Give only the number of lines in the data that include the string "this".

** GIVEN ENTRIES follows **

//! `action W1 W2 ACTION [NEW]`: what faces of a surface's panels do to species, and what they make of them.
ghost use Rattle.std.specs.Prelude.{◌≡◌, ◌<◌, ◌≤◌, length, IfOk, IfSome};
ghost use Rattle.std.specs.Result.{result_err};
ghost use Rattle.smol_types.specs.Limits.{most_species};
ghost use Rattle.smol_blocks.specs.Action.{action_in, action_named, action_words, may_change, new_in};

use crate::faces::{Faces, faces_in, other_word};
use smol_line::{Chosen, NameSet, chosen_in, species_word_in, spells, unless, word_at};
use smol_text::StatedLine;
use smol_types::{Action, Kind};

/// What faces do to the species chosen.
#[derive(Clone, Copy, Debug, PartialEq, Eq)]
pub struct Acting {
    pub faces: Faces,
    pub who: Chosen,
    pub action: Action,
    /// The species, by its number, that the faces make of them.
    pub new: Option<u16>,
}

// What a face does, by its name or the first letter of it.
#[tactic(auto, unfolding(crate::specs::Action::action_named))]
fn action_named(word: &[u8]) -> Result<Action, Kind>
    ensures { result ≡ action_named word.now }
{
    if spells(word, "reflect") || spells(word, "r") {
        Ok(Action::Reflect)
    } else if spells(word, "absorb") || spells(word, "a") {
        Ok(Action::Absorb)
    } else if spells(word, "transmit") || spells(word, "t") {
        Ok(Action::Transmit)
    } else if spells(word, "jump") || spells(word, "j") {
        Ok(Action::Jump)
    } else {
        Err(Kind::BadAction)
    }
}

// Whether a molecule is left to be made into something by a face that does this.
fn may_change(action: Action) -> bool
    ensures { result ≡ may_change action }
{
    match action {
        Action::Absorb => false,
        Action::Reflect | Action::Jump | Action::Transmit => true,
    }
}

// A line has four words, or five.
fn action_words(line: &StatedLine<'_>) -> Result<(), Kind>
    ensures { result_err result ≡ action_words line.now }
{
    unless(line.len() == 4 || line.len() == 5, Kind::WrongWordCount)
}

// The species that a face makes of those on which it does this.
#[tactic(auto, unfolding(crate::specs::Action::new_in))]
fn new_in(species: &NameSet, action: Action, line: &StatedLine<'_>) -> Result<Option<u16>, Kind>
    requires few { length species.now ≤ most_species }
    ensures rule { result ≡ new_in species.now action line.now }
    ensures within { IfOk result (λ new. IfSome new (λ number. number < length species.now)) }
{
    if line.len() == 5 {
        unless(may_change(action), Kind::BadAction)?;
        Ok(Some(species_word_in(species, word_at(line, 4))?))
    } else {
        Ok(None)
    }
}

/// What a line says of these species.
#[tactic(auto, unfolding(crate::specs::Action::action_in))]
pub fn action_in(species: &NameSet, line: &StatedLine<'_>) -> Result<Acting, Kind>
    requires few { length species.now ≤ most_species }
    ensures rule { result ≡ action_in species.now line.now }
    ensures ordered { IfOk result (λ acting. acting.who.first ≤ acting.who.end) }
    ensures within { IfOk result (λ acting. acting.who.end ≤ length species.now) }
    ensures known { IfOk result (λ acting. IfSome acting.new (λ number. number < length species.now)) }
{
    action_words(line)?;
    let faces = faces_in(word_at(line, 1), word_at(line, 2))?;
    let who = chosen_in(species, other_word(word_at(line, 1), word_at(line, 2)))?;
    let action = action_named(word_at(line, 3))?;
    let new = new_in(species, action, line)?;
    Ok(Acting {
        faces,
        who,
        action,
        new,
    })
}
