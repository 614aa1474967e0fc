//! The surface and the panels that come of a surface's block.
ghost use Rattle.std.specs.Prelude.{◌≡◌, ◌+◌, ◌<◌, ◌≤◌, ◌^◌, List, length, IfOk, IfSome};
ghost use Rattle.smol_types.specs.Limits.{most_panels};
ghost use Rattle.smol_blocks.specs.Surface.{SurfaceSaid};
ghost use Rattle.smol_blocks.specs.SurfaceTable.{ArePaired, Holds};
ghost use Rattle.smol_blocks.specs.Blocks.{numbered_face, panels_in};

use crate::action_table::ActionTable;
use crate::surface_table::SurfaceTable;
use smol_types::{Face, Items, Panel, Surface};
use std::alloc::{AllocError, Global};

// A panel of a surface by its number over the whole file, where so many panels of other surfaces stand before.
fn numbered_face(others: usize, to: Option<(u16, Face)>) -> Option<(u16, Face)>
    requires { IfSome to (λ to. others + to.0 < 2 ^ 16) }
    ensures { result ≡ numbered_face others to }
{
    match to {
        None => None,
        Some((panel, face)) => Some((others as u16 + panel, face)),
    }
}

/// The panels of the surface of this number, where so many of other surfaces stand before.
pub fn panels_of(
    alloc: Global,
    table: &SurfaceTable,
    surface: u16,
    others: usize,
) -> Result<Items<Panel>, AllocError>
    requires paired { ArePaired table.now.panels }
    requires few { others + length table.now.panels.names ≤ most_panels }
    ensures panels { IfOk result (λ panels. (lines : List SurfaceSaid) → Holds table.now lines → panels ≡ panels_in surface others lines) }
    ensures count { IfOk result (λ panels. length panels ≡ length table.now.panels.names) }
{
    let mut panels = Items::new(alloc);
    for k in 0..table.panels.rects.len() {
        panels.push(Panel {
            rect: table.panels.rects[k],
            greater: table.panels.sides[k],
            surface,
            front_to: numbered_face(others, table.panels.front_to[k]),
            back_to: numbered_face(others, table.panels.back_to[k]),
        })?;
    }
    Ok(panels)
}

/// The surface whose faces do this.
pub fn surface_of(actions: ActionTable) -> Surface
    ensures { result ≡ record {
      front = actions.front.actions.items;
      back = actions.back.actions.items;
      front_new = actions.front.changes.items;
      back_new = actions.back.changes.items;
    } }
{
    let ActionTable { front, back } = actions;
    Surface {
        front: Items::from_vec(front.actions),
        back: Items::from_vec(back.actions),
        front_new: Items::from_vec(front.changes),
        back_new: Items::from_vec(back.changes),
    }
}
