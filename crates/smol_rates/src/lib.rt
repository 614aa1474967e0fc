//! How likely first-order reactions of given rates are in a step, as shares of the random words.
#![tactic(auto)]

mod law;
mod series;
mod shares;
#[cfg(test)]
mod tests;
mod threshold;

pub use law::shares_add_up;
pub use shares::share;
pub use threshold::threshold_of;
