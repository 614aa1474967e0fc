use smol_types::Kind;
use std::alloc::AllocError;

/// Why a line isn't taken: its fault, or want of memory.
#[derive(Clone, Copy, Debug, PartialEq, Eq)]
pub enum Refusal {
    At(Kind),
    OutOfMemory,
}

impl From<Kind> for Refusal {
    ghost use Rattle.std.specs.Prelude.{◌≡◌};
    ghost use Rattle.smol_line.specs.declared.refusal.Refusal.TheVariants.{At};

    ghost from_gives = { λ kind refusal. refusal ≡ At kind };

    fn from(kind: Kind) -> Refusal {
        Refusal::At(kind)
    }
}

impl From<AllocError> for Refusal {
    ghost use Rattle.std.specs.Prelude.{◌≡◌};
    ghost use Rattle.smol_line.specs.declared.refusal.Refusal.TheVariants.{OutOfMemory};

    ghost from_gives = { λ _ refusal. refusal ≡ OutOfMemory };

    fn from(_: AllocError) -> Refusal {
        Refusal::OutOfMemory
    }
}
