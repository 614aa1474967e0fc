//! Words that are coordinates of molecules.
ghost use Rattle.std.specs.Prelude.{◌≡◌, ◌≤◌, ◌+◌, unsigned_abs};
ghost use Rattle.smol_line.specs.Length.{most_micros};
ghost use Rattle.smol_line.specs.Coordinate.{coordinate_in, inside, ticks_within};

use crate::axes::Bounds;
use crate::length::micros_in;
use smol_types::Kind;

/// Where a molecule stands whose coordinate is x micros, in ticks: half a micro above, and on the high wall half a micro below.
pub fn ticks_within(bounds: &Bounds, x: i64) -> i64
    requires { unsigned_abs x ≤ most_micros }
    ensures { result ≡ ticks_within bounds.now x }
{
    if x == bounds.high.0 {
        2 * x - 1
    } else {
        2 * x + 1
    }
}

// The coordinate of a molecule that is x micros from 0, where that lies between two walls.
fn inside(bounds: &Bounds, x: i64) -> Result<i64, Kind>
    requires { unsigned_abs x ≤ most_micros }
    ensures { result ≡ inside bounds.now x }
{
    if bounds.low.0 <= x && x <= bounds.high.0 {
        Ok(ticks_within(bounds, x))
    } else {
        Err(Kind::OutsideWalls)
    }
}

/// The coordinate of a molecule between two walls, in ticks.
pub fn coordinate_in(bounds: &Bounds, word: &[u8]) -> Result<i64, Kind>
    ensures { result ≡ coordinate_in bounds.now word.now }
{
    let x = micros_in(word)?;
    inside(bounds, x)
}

** End of GIVEN ENTRIES **

### SOLUTION BELOW
4